Kinetics and thermodynamics of textile dye removal by adsorption onto iron oxide nanoparticles

Abstract

Contamination of potable water supplies will in the future lead to the emergence of problems like lack of water. Therefore, the issues such as environmental pollution and the purification of water have been a major focus of scientists recently. Especially, the removal of the heavy metals and organic substances that are harmful to human health and exist in industrial waste water is of great importance. In this study, removal of textile dye (Maxilon® Blue GRL 300%, MBG), which is a significant impurity, from water was carried out by using iron oxide nanoparticles. Iron oxide nanoparticles were synthesized by using co-precipitation method. XRD, SEM, TEM, size distribution, zeta potential and magnetic properties measurements were performed to investigate the properties of the nanoparticles. The MBG removal capacities of iron oxide nanoparticles were investigated by taking into account the initial metal ion concentration, pH of aqueous medium, time and temperature. The dye adsorption capacity of iron oxide nanoparticles increased with an increase in dye concentration and temperature.
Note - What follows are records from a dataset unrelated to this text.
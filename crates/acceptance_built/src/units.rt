//! Units of files of the built form, and files of another form.

ghost use Rattle.std.specs.Prelude.{◌≡◌, ◌≤◌, length};

use built_form::{FormRefusal, read_form};
use built_unit::{Body, FunctionInfo, SiteInfo, Unit};
use c_text::tokens;
use eff_types::{Effects, Level};
use std::alloc::Global;
use std::process::Abort;
use std::test::Fail;

/// The unit of a text that is spelled well.
fn read(rt: &impl Abort, alloc: Global, source: &str) -> Result<Unit, FormRefusal> {
    let source = source.as_bytes();
    assert!(rt; source.len() <= 1048576);
    let tokens = tokens(alloc, source).map_err(|_| FormRefusal::NoMemory)?;
    read_form(alloc, source, tokens.as_slice())
}

const PLAIN: Effects = Effects {
    level: Level::Plain,
    no_block_inference: false,
    no_alloc_inference: false,
};

const BLOCKING: Effects = Effects {
    level: Level::Plain,
    no_block_inference: true,
    no_alloc_inference: false,
};

const NONBLOCKING: Effects = Effects {
    level: Level::NonBlocking,
    no_block_inference: false,
    no_alloc_inference: false,
};

/// A file with functions of each kind.
const EACH_KIND: &str = "void far ( void ) ; void near ( void ) { } \
        void wait ( void ) [ [ clang : : blocking ] ] { near ( ) ; } \
        void f ( void ) [ [ clang : : nonblocking ] ] { far ( ) ; wait ( ) ; f ( ) ; } \
        int main ( void ) { f ( ) ; return 0 ; } ";

/// A function: its name, its place, its effects, and of its body the calls and what it returns.
type Row = (
    &'static str,
    u32,
    Effects,
    Option<(&'static [u32], Option<u32>)>,
);

const FUNCTIONS: [Row; 5] = [
    ("far", 5, PLAIN, None),
    ("near", 25, PLAIN, Some((&[], None))),
    ("wait", 48, BLOCKING, Some((&[1], None))),
    ("f", 109, NONBLOCKING, Some((&[2, 3, 4], None))),
    ("main", 187, PLAIN, Some((&[5], Some(0)))),
];

/// Call sites: the function, the place and the function that is called.
const SITES: [(u32, u32, Option<u32>); 5] = [
    (2, 91, Some(1)),
    (3, 152, Some(0)),
    (3, 162, Some(2)),
    (3, 173, Some(3)),
    (4, 203, Some(3)),
];

/// Files that are spelled well and of another form.
const OF_ANOTHER_FORM: [&str; 18] = [
    "void f ( void ) [ [ clang : : allocating ] ] ; ",
    "void f ( void ) ; void f ( void ) ; ",
    "void f ( void ) { g ( ) ; } void g ( void ) ; ",
    "void malloc ( void ) ; ",
    "void main ( void ) ; ",
    "void void ( void ) ; ",
    "void f ( ) ; ",
    "void f ( void ) { return 0 ; } ",
    "int x ; ",
    "int f ( void ) { return 0 ; } ",
    "int main ( void ) ; ",
    "int main ( void ) { return 1 ; } ",
    "int main ( void ) [ [ clang : : blocking ] ] { return 0 ; } ",
    "int main ( void ) { return 0 ; } int main ( void ) { return 0 ; } ",
    "int main ( void ) { main ( ) ; return 0 ; } ",
    "int main ( void ) { return 0 ; } void f ( void ) { main ( ) ; } ",
    "void g ( void ) { } void f ( void ) [ [ clang : : nonblocking ] ] { g ( ) ; } ",
    "void f ( void ) ",
];

fn is_body(body: &Option<Body>, wanted: Option<(&[u32], Option<u32>)>) -> bool {
    match (body, wanted) {
        (Some(body), Some((calls, returns))) => {
            body.calls.as_slice() == calls && body.returns == returns
        }
        (None, None) => true,
        (Some(_), None) | (None, Some(_)) => false,
    }
}

fn is_function(function: &FunctionInfo, wanted: Option<&Row>) -> bool {
    let Some((name, place, effects, body)) = wanted else {
        return false;
    };
    function.name.as_str() == *name
        && function.place == *place
        && function.effects == *effects
        && is_body(&function.body, *body)
}

fn is_site(site: &SiteInfo, wanted: (u32, u32, Option<u32>)) -> bool {
    (site.function, site.place, site.direct) == wanted
}

#[test]
fn functions_of_each_kind(rt: HostRuntime) -> Result<(), Fail> {
    let unit = read(&rt, rt.alloc(), EACH_KIND)?;
    assert!(rt; unit.functions() == 5 && unit.sites() == 5);
    for id in 0..unit.functions() {
        let wanted = FUNCTIONS.get(id as usize);
        assert!(rt; is_function(unit.function(id), wanted), "function {id}");
    }
    for (site, wanted) in unit.all_sites().iter().zip(SITES) {
        assert!(rt; is_site(site, wanted), "{}", site.place);
    }
    Ok(())
}

#[test]
fn files_of_another_form(rt: HostRuntime) {
    for source in OF_ANOTHER_FORM {
        let answer = read(&rt, rt.alloc(), source);
        assert!(rt; matches!(answer, Err(FormRefusal::NotBuilt)), "{source}");
    }
}
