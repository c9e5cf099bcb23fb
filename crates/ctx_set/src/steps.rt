//! Steps of a stack, and stacks in memory that is taken once.

ghost use Rattle.std.specs.Prelude.{◌≡◌, ◌∷◌, [], ◌++◌, ◌<◌, ◌≤◌, length, IfOk, MatchOption};

use std::alloc::{AllocError, Global};
use std::marker::Model;

/// The most steps of a stack: 256 functions, and one library function that they call.
pub const MAX_STEPS: usize = 257;

/// A step of a stack: a function, and the call that led to it. Steps are in order of their functions, and then of their calls.
#[derive(Clone, Copy, PartialEq, Eq, PartialOrd, Ord, Hash)]
pub struct StackStep {
    /// the number of the function
    pub target: u32,
    /// the number of the call site; 0 for the first function of a thread
    pub site: u32,
}

/// A stack: its steps from the first function of the thread on, in memory for 257 steps.
#[derive(Drop)]
pub struct StepList {
    items: Vec<StackStep>,
}

impl Model for StepList {
    ghost use Rattle.std.specs.Prelude.{List, ◌≤◌, length, vec_capacity};
    ghost use Rattle.ctx_set.specs.declared.steps.StackStep.{StackStep};

    ghost Value = { List StackStep };

    ghost view = { λ l. l.items.items };

    ghost invariant = { λ l. 257 ≤ vec_capacity l.items };
}

impl StepList {
    /// The stack without steps, with the memory for 257.
    pub fn new(alloc: Global) -> Result<StepList, AllocError>
        ensures { IfOk result (λ steps. steps ≡ []) }
    {
        let items = Vec::with_capacity(alloc, MAX_STEPS)?;
        Ok(StepList { items })
    }

    /// How many steps there are.
    pub fn len(&self) -> usize
        ensures { result ≡ length self.now }
    {
        self.items.len()
    }

    /// Adds the step of the function that is called next; fewer than 257 stand.
    pub fn push(&mut self, step: StackStep)
        requires { length self.old < 257 }
        ensures { self.new ≡ self.old ++ step ∷ [] }
    {
        match self.items.push(step) {
            Ok(()) => {}
            Err(_) => unreachable!(),
        }
    }

    /// Takes the last step away.
    pub fn pop(&mut self) -> Option<StackStep>
        ensures { MatchOption result ((self.old ≡ []) × (self.new ≡ [])) (λ step. self.old ≡ self.new ++ step ∷ []) }
    {
        self.items.pop()
    }

    /// The steps from the first function of the thread on.
    pub fn as_slice(&self) -> &[StackStep]
        ensures { result.now ≡ self.now }
    {
        self.items.as_slice()
    }
}
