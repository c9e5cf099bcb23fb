//! Declarators in parentheses, and functions of which nothing else is declared (C17 6.7.6 and 6.7.7).

ghost use Rattle.std.specs.Prelude.{◌≡◌, ◌+◌, ◌*◌, ◌<◌, ◌-◌, ◌∷◌, [], IfOk};
ghost use Rattle.c_tree.specs.declared.words.AttrSpelling.TheVariants.{Brackets};
ghost use Rattle.c_tree.specs.declared.expressions.Spec.TheVariants.{Attribute};
ghost use Rattle.c_grammar.specs.Rules.{Group};
ghost use Rattle.c_grammar.specs.Specifiers.{attr};
ghost use Rattle.c_grammar.specs.Declarators.{group_bracket};
ghost use Rattle.parse_input.specs.Reads.{named, reads, Says};
ghost use Rattle.parse_parameters.specs.Nested.{Nested};
ghost use Rattle.parse_declared.specs.Starts.{declarator_parts, list_parts, attribute_parts, group_parts};

use crate::parser::Declarators;
use c_grammar::{Bracket, DeclaratorKind, SpecifierContext, Terminal};
use c_tree::{Expr, Member, Spec};
use parse_declared::{Declared, ParameterList, bracketed, function_rest, may_lack};
use parse_input::{Input, Limits, Read, Refusal, begins_specifiers};
use parse_specifiers::clang_words;
use sqlite_items::{Boxed, Items};
use std::alloc::Global;

impl<
    'a,
    C: Fn(Global, Limits, &mut Input<'a>) -> Result<Read<Boxed<Expr>>, Refusal>,
    D: Fn(
        Global,
        Limits,
        DeclaratorKind,
        Bracket,
        &mut Input<'a>,
    ) -> Result<Read<Declared<'a>>, Refusal>,
    M: Fn(Global, Limits, &mut Input<'a>) -> Result<Read<Items<Member>>, Refusal>,
> Declarators<C, D, M> {
    /// What stands in parentheses at the front of a direct declarator.
    #[tactic(auto, using(crate::proofs::Grouping::a_group, crate::proofs::Grouping::no_group, crate::proofs::Grouping::group_within))]
    pub fn group(
        &self,
        limits: Limits,
        kind: DeclaratorKind,
        input: &mut Input<'a>,
    ) -> Result<Read<Declared<'a>>, Refusal>
        requires nested { Nested (2 * (limits.opens + limits.room)) (C.pre self.now.rules.specifiers.conditional) (C.post self.now.rules.specifiers.conditional) (D.pre self.now.rules.declarator) (D.post self.now.rules.declarator) (M.pre self.now.rules.specifiers.members) (M.post self.now.rules.specifiers.members) }
        ensures reads { Says (named limits.room (Group input.old.scope kind) input.old.tokens) result input.new.tokens }
        ensures kept { IfOk result (λ read. input.new.scope ≡ input.old.scope) }
    {
        if limits.room == 0 {
            return Err(Refusal::Refused(input.is(Terminal::OpenParen)));
        }
        if !input.is(Terminal::OpenParen) {
            return Err(Refusal::Refused(false));
        }
        let opened = input.take();
        let read = self.group_rest(limits, kind, opened.place(), input)?;
        Ok(Read {
            value: read.value,
            depth: read.depth + 1,
        })
    }

    /// What stands behind the `(` of a group.
    #[tactic(auto, using(crate::proofs::Grouping::parts_rule))]
    fn group_rest(
        &self,
        limits: Limits,
        kind: DeclaratorKind,
        place: u32,
        input: &mut Input<'a>,
    ) -> Result<Read<Declared<'a>>, Refusal>
        requires nested { Nested (2 * (limits.opens + limits.room)) (C.pre self.now.rules.specifiers.conditional) (C.post self.now.rules.specifiers.conditional) (D.pre self.now.rules.declarator) (D.post self.now.rules.declarator) (M.pre self.now.rules.specifiers.members) (M.post self.now.rules.specifiers.members) }
        requires room { 0 < limits.room }
        ensures reads { Says (reads (named (limits.room - 1)) (group_parts input.old.scope kind place) input.old.tokens) result input.new.tokens }
        ensures kept { IfOk result (λ read. input.new.scope ≡ input.old.scope) }
    {
        if !may_lack(kind, Bracket::Unknown) {
            return self.declarator_rest(limits, kind, Bracket::Unknown, place, input);
        }
        if input.is(Terminal::OpenBracket) {
            let bracket = input.take();
            return self.bracket_rest(limits, kind, place, bracket.place(), input);
        }
        if begins_specifiers(SpecifierContext::Barred, input) {
            return self.list_rest(
                limits,
                SpecifierContext::Barred,
                Items::new(self.rules.specifiers.alloc),
                place,
                input,
            );
        }
        if input.is(Terminal::CloseParen) {
            let nothing = Declared::absent(self.rules.specifiers.alloc, None)?;
            let none = ParameterList::new(self.rules.specifiers.alloc);
            return function_rest(
                self.rules.specifiers.alloc,
                limits.room - 1,
                nothing,
                place,
                none,
                input,
            );
        }
        self.declarator_rest(limits, kind, Bracket::Barred, place, input)
    }

    /// What stands behind the `[` of a group.
    #[tactic(auto, using(crate::proofs::Grouping::bracket_rule))]
    fn bracket_rest(
        &self,
        limits: Limits,
        kind: DeclaratorKind,
        place: u32,
        bracket: u32,
        input: &mut Input<'a>,
    ) -> Result<Read<Declared<'a>>, Refusal>
        requires nested { Nested (2 * (limits.opens + limits.room)) (C.pre self.now.rules.specifiers.conditional) (C.post self.now.rules.specifiers.conditional) (D.pre self.now.rules.declarator) (D.post self.now.rules.declarator) (M.pre self.now.rules.specifiers.members) (M.post self.now.rules.specifiers.members) }
        requires room { 0 < limits.room }
        ensures reads { Says (reads (named (limits.room - 1)) (group_bracket input.old.scope kind place bracket) input.old.tokens) result input.new.tokens }
        ensures kept { IfOk result (λ read. input.new.scope ≡ input.old.scope) }
    {
        if !input.is(Terminal::OpenBracket) {
            return self.declarator_rest(limits, kind, Bracket::Opened(bracket), place, input);
        }
        let _second = input.take();
        self.attribute_rest(limits, place, bracket, input)
    }

    /// An attribute in brackets, of which two were read, and the parameters that it begins.
    fn attribute_rest(
        &self,
        limits: Limits,
        place: u32,
        bracket: u32,
        input: &mut Input<'a>,
    ) -> Result<Read<Declared<'a>>, Refusal>
        requires nested { Nested (2 * (limits.opens + limits.room)) (C.pre self.now.rules.specifiers.conditional) (C.post self.now.rules.specifiers.conditional) (D.pre self.now.rules.declarator) (D.post self.now.rules.declarator) (M.pre self.now.rules.specifiers.members) (M.post self.now.rules.specifiers.members) }
        requires room { 0 < limits.room }
        ensures reads { Says (reads (named (limits.room - 1)) (attribute_parts input.old.scope place bracket) input.old.tokens) result input.new.tokens }
        ensures kept { IfOk result (λ read. input.new.scope ≡ input.old.scope) }
    {
        let words = clang_words(self.rules.specifiers.alloc, limits.room - 1, input)?;
        let before = bracketed(self.rules.specifiers.alloc, bracket, words.value)?;
        let rest = self.list_rest(limits, SpecifierContext::Type, before, place, input)?;
        let depth = words.depth.max(rest.depth);
        Ok(Read {
            value: rest.value,
            depth,
        })
    }

    /// Parameters of a function of which nothing else is declared.
    #[tactic(auto, using(parse_parameters::proofs::Nesting::node_nests))]
    fn list_rest(
        &self,
        limits: Limits,
        context: SpecifierContext,
        before: Items<Spec>,
        place: u32,
        input: &mut Input<'a>,
    ) -> Result<Read<Declared<'a>>, Refusal>
        requires nested { Nested (2 * (limits.opens + limits.room)) (C.pre self.now.rules.specifiers.conditional) (C.post self.now.rules.specifiers.conditional) (D.pre self.now.rules.declarator) (D.post self.now.rules.declarator) (M.pre self.now.rules.specifiers.members) (M.post self.now.rules.specifiers.members) }
        requires room { 0 < limits.room }
        ensures reads { Says (reads (named (limits.room - 1)) (list_parts context input.old.scope before place) input.old.tokens) result input.new.tokens }
        ensures kept { IfOk result (λ read. input.new.scope ≡ input.old.scope) }
    {
        let given = self
            .rules
            .param_list(limits.inside(), context, before, input)?;
        let inner = given.depth;
        let nothing = Declared::absent(self.rules.specifiers.alloc, None)?;
        let room = limits.room - 1;
        let rest = function_rest(
            self.rules.specifiers.alloc,
            room,
            nothing,
            place,
            given.value,
            input,
        )?;
        let depth = inner.max(rest.depth);
        Ok(Read {
            value: rest.value,
            depth,
        })
    }

    /// A declarator and the `)` behind it.
    fn declarator_rest(
        &self,
        limits: Limits,
        kind: DeclaratorKind,
        bracket: Bracket,
        place: u32,
        input: &mut Input<'a>,
    ) -> Result<Read<Declared<'a>>, Refusal>
        requires nested { Nested (2 * (limits.opens + limits.room)) (C.pre self.now.rules.specifiers.conditional) (C.post self.now.rules.specifiers.conditional) (D.pre self.now.rules.declarator) (D.post self.now.rules.declarator) (M.pre self.now.rules.specifiers.members) (M.post self.now.rules.specifiers.members) }
        requires room { 0 < limits.room }
        ensures reads { Says (reads (named (limits.room - 1)) (declarator_parts input.old.scope kind bracket place) input.old.tokens) result input.new.tokens }
        ensures kept { IfOk result (λ read. input.new.scope ≡ input.old.scope) }
    {
        let inner = self.rules.declarator_inside(limits, kind, bracket, input)?;
        if !input.is(Terminal::CloseParen) {
            return Err(Refusal::Refused(false));
        }
        let _closed = input.take();
        let depth = inner.depth;
        Ok(Read {
            value: Declared::grouped(self.rules.specifiers.alloc, place, inner.value)?,
            depth,
        })
    }
}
The highest dye removal was observed at pH 9.0. According to the evaluation of the dye concentration effect on adsorption process, when the highest concentration of 25.0 mg/L dye solution was used at room temperature, the highest dye adsorption capacity was determined as 0.23 mg/g. The results of adsorption kinetics and thermodynamic data have shown that adsorption process has pseudo-second-order kinetics and endothermic form. Adsorption studies data have well fitted to Langmuir isotherm at room temperature.